THE PROBLEM:
Count lines holding the string "until" in the data that follows. Reply with one number only.

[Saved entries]
----------------

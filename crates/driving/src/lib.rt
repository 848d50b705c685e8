// The closure: steps follow each other until neither side gains a cut.
#![tactic(auto)]

ghost use Rattle.std.specs.Prelude.{List};
ghost use Rattle.refinement.specs.Match.{Place};
ghost use Rattle.match_columns.specs.Held.{columns_in};
ghost use Rattle.tracks.specs.Engine.{books_of};
ghost use Rattle.grouped_matches.specs.Held.{tracked_in};
ghost use Rattle.stepping.specs.Steps.{Given};
ghost use Rattle.driving.specs.Driving.{Driving, Driven, Closure};

use carrying_group::TooMany;
use grouped_matches::GroupedMatches;
use stepping::{Closing, a_step, b_step};

// How many calls of the steps may stand on the stack at once.
pub const BUDGET: u32 = 16;

// Goes on with the step that is due until nothing new is left. Then the sets hold all cuts; else every resolved refinement
// has more pieces than the capacity.
pub fn drive(
    grouped: &GroupedMatches<'_>,
    index_a: &[u32],
    index_b: &[u32],
    work: &mut [u32],
    book_a: &mut [usize],
    book_b: &mut [usize],
    first: Result<Closing, TooMany>,
    capacity: usize,
) -> Result<(), TooMany>
    requires given { Given (columns_in grouped.now.matches) grouped.now.straight.now index_a.now index_b.now
        grouped.now.groups.now grouped.now.count grouped.now.sets }
    requires driven { Driven (columns_in grouped.now.matches) grouped.now.groups.now grouped.now.count
        grouped.now.sets capacity work.old book_a.old book_b.old first }
    ensures { (marks : List Place) → Driving (columns_in grouped.now.matches) grouped.now.groups.now grouped.now.count
        marks grouped.now.sets capacity work.old book_a.old book_b.old first → Closure (tracked_in grouped.now marks)
        grouped.now.sets capacity work.new (books_of book_a.new book_b.new) result }
{
    let mut closing = first?;
    loop {
        closing = match closing {
            Closing::Done => return Ok(()),
            Closing::MoreA(counts) => a_step(
                grouped, index_a, index_b, work, book_a, book_b, counts, capacity, BUDGET,
            )?,
            Closing::MoreB(counts) => b_step(
                grouped, index_a, index_b, work, book_a, book_b, counts, capacity, BUDGET,
            )?,
        };
    }
}
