// The line that the program prints (document 01, "Running a log"): "prints these five numbers with single spaces and a newline". It is made as bytes here; writing them out is the program's.
#![tactic(auto)]

mod text;

ghost use Rattle.log_line.specs.Line.{Made};

use runner::Outcome;
pub use text::Line;

const SPACE: u8 = b' ';

const NEWLINE: u8 = b'\n';

// The line of five numbers, made from its end on.
pub fn line_of(o: Outcome) -> Line
    ensures { Made o result }
{
    let mut line = Line::new();
    line.put(o.place, NEWLINE);
    line.put(o.taken, SPACE);
    line.put(u32::from(o.mask), SPACE);
    line.put(u32::from(o.refusal), SPACE);
    line.put(u32::from(o.answer), SPACE);
    line
}
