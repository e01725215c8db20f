// A line that is written from its end on, so that a number's digits are written as they are found.
ghost use Rattle.std.specs.Prelude.{◌≡◌, [], ◌∷◌, ◌++◌, ◌≤◌, ◌<◌, length};

// What is written stands from `start` to the end of the buffer. A number has at most ten digits, and a character after them.
#[derive(Drop)]
pub struct Line {
    bytes: [u8; 55],
    start: usize,
    ghost inside: { start ≤ 55 },
}

impl Line {
    ghost use Rattle.log_line.specs.Line.{digit, numeral, text, Before};

    // Nothing is written yet.
    pub(crate) fn new() -> Line
        ensures long { length result.bytes ≡ 55 }
        ensures start { result.start ≡ 55 }
        ensures nothing { text result ≡ [] }
    {
        Line {
            bytes: [0; 55],
            start: 55,
        }
    }

    // The character of a digit.
    fn character(d: u32) -> u8
        requires { d < 10 }
        ensures { result ≡ digit d }
    {
        b'0' + d as u8
    }

    // A character before what is written.
    fn push(&mut self, c: u8)
        requires { 1 ≤ self.old.start }
        ensures { Before 1 (c ∷ []) self.old self.new }
    {
        self.start -= 1;
        self.bytes[self.start] = c;
    }

    // The digits of x before what is written.
    fn put_numeral(&mut self, x: u32)
        requires { 10 ≤ self.old.start }
        ensures { Before 10 (numeral x) self.old self.new }
    {
        let mut rest = x;
        while 10 <= rest {
            self.push(Self::character(rest % 10));
            rest /= 10;
        }
        self.push(Self::character(rest));
    }

    // The digits of x and a character after them, before what is written.
    pub(crate) fn put(&mut self, x: u32, last: u8)
        requires { 11 ≤ self.old.start }
        ensures { Before 11 (numeral x ++ (last ∷ [])) self.old self.new }
    {
        self.push(last);
        self.put_numeral(x);
    }

    // What is written.
    pub fn as_slice(&self) -> &[u8]
        ensures { result.now ≡ text self.now }
    {
        &self.bytes[self.start..]
    }
}
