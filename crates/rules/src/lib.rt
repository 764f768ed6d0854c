// What holds when: document 01's rules, judged where the parts lie.
#![tactic(auto)]

ghost use Rattle.std.specs.Prelude.{◌≡◌};
ghost use Rattle.answers.specs.Answers.{number_of};
ghost use Rattle.rules.specs.Judging.{scope_judged, caveat_held, failing_of, caveat_judged};

use answers::Answer;
use records_request::RequestAt;
use token_caveat_values::CaveatAt;
use token_scope::ScopeAt;

// Allow, or the answer of the first of method, path and bytes that fails.
#[tactic(auto, unfolding(crate::specs::Judging::scope_judged))]
pub fn scope_answer(s: &[u8], scope: ScopeAt, body: &[u8], request: RequestAt) -> Answer
    ensures { number_of result ≡ scope_judged s.now scope body.now request }
{
    let method = request.method;
    let path = request.path;
    let methods = scope.methods;
    let prefix = scope.prefix;
    let limit = scope.max_bytes;
    if !rules_compare::method_in(s, methods, basis::lend(body, method)) {
        return Answer::CaveatMethod;
    }
    if !rules_compare::prefix_fits(s, prefix, basis::lend(body, path)) {
        return Answer::CaveatPath;
    }
    if !rules_compare::limit_holds(limit, request.size) {
        return Answer::CaveatBytes;
    }
    Answer::Allow
}

// `s` is the part that the caveat was read from, and `tid` the token's.
#[tactic(auto, unfolding(crate::specs::Judging::caveat_held, crate::specs::Judging::amnesia_held))]
fn caveat_holds(s: &[u8], caveat: CaveatAt, body: &[u8], request: RequestAt, tid: &[u8]) -> bool
    ensures { result ≡ caveat_held s.now caveat body.now request tid.now }
{
    match caveat {
        CaveatAt::Exp { n } => rules_compare::within_skew(request.now, n, request.skew),
        CaveatAt::Nbf { n } => rules_compare::within_skew(n, request.now, request.skew),
        CaveatAt::Aud { span } => {
            let audience = request.audience;
            rules_compare::part_is(body, audience, basis::lend(s, span))
        }
        CaveatAt::Method { methods } => {
            let method = request.method;
            rules_compare::method_in(s, methods, basis::lend(body, method))
        }
        CaveatAt::PathPrefix { span } => {
            let path = request.path;
            rules_compare::fits(basis::lend(s, span), basis::lend(body, path))
        }
        CaveatAt::IpCidr { network } => {
            let peer = request.peer;
            rules_compare::peer_agrees(body, peer, network)
        }
        CaveatAt::BytesLe { n } => request.size <= n,
        CaveatAt::Rate { per_s, burst } => {
            let rate = request.rate;
            rules_compare::rate_holds(rate, per_s, burst)
        }
        CaveatAt::Tenant { span } => basis::lend(s, span) == tid,
        CaveatAt::Amnesia { on } => !on || request.amnesia,
        CaveatAt::GovPolicyDigest { span } => {
            let digest = request.digest;
            rules_compare::part_is(body, digest, basis::lend(s, span))
        }
        CaveatAt::Custom { .. } => false,
    }
}

// The answer where a caveat fails.
#[tactic(auto, unfolding(crate::specs::Judging::failing_of))]
fn failing(caveat: CaveatAt) -> Answer
    ensures { number_of result ≡ failing_of caveat }
{
    match caveat {
        CaveatAt::Exp { .. } => Answer::CaveatExp,
        CaveatAt::Nbf { .. } => Answer::CaveatNbf,
        CaveatAt::Aud { .. } => Answer::CaveatAud,
        CaveatAt::Method { .. } => Answer::CaveatMethod,
        CaveatAt::PathPrefix { .. } => Answer::CaveatPath,
        CaveatAt::IpCidr { .. } => Answer::CaveatIp,
        CaveatAt::BytesLe { .. } => Answer::CaveatBytes,
        CaveatAt::Rate { .. } => Answer::CaveatRate,
        CaveatAt::Tenant { .. } => Answer::CaveatTenant,
        CaveatAt::Amnesia { .. } => Answer::CaveatAmnesia,
        CaveatAt::GovPolicyDigest { .. } => Answer::CaveatPolicyDigest,
        CaveatAt::Custom { .. } => Answer::CaveatCustomUnknown,
    }
}

// Allow, or the caveat's own answer.
#[tactic(auto, unfolding(crate::specs::Judging::caveat_judged))]
pub fn caveat_answer(
    s: &[u8],
    caveat: CaveatAt,
    body: &[u8],
    request: RequestAt,
    tid: &[u8],
) -> Answer
    ensures { number_of result ≡ caveat_judged s.now caveat body.now request tid.now }
{
    if caveat_holds(s, caveat, body, request, tid) {
        return Answer::Allow;
    }
    failing(caveat)
}
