// A record's step: the record that the model expects, and the state after it, by the ways in which
// records touch the state. The loop over records leaves in place what a record does not touch.
#![tactic(auto)]

ghost use Rattle.std.specs.Prelude.{◌≡◌, true, false, ◌<◌};
ghost use Rattle.recorder.specs.Record.{kind as «kind-of», address as «address-of», is_read};
ghost use Rattle.device.specs.Ranges.{well_formed};
ghost use Rattle.device.specs.Lcr.{divisor_access};
ghost use Rattle.invariant.specs.Touch.{reaches_queue, numbers_of};
ghost use Rattle.recorded.specs.Record.{step_of, model_byte, expected};
ghost use Rattle.recorded.specs.Way.{IsWay};

use device::{Numbers, State};
use fifos::thr::Queued;
use recorder::record;
use recorder::record::Kind;
use sheet::bits;

// The ways of a record: it changes nothing, is a write that reaches no queue, a write to THR, a read
// that may change the state, ticks, or any other record.
#[derive(Clone, Copy, PartialEq, Eq)]
pub enum Way {
    Nothing,
    Numbers,
    Transmit,
    Read,
    Ticks,
    Other,
}

// The record that the model expects: a read with its byte, any other record as it stands.
pub fn expects(s: State, w: u32) -> u32
    requires { well_formed s ≡ true }
    ensures value { result ≡ expected s w }
    ensures w_bound { model_byte s w < 256 }
{
    match Kind::of(w) {
        Some(Kind::Read) => record::with_byte(w, bus::value(s, record::address(w))),
        _ => w,
    }
}

// Whether a read may change the state.
fn way_of_read(s: State, w: u32) -> Way
    requires s_value { well_formed s ≡ true }
    requires w_value { is_read w ≡ true }
    ensures { IsWay s w result }
{
    if bus::read_changes(s, record::address(w)) {
        return Way::Read;
    }
    Way::Nothing
}

// What a write reaches.
fn way_of_write(s: State, w: u32) -> Way
    requires { «kind-of» w ≡ 2 }
    ensures { IsWay s w result }
{
    let address = record::address(w);
    if address == bits::FCR {
        return Way::Other;
    }
    if bus::reaches_queue(s, address) {
        return Way::Transmit;
    }
    Way::Numbers
}

impl Way {
    // The way of a record.
    pub fn of(s: State, w: u32) -> Way
        requires { well_formed s ≡ true }
        ensures { IsWay s w result }
    {
        match Kind::of(w) {
            Some(Kind::Read) => way_of_read(s, w),
            Some(Kind::Write) => way_of_write(s, w),
            Some(Kind::Ticks) => Way::Ticks,
            _ => Way::Other,
        }
    }
}

// The numbers after a write that reaches no queue.
pub fn numbers(s: State, w: u32) -> Numbers
    requires s_value { well_formed s ≡ true }
    requires w_value { («kind-of» w ≡ 2) × (reaches_queue s («address-of» w) ≡ false) }
    ensures { result ≡ numbers_of (step_of s w).state }
{
    step::numbers(s, record::address(w), record::byte(w))
}

// The transmit queue and the latches after a write to THR.
pub fn transmit(s: State, w: u32) -> Queued
    requires s_value { well_formed s ≡ true }
    requires w_value { («kind-of» w ≡ 2) × («address-of» w ≡ 0) × (divisor_access s.registers ≡ false) }
    ensures { result ≡ record { tx = (step_of s w).state.tx; latches = (step_of s w).state.latches } }
{
    step::put(s, record::byte(w))
}

// The state after a read.
pub fn after_read(s: State, w: u32) -> State
    requires s_value { well_formed s ≡ true }
    requires w_value { is_read w ≡ true }
    ensures { result ≡ (step_of s w).state }
{
    step::after_read(s, record::address(w))
}

// The state after ticks.
pub fn ticks(s: State, w: u32) -> State
    requires s_value { well_formed s ≡ true }
    requires w_value { «kind-of» w ≡ 0 }
    ensures { result ≡ (step_of s w).state }
{
    step::ticks(s, record::count(w))
}

// The state after any other record.
pub fn other(s: State, w: u32) -> State
    requires s_value { well_formed s ≡ true }
    requires fact { («kind-of» w ≡ 0 → ⊥) × («kind-of» w ≡ 1 → ⊥) }
    ensures { result ≡ (step_of s w).state }
{
    match Kind::of(w) {
        Some(Kind::Write) => step::write(s, record::address(w), record::byte(w)),
        Some(Kind::Sin) => step::set_sin(s, record::sin(w)),
        Some(Kind::Modem) => step::set_modem(s, record::modem(w)),
        Some(Kind::Reset) => step::reset(s),
        _ => s,
    }
}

----------------

SOLUTION:
2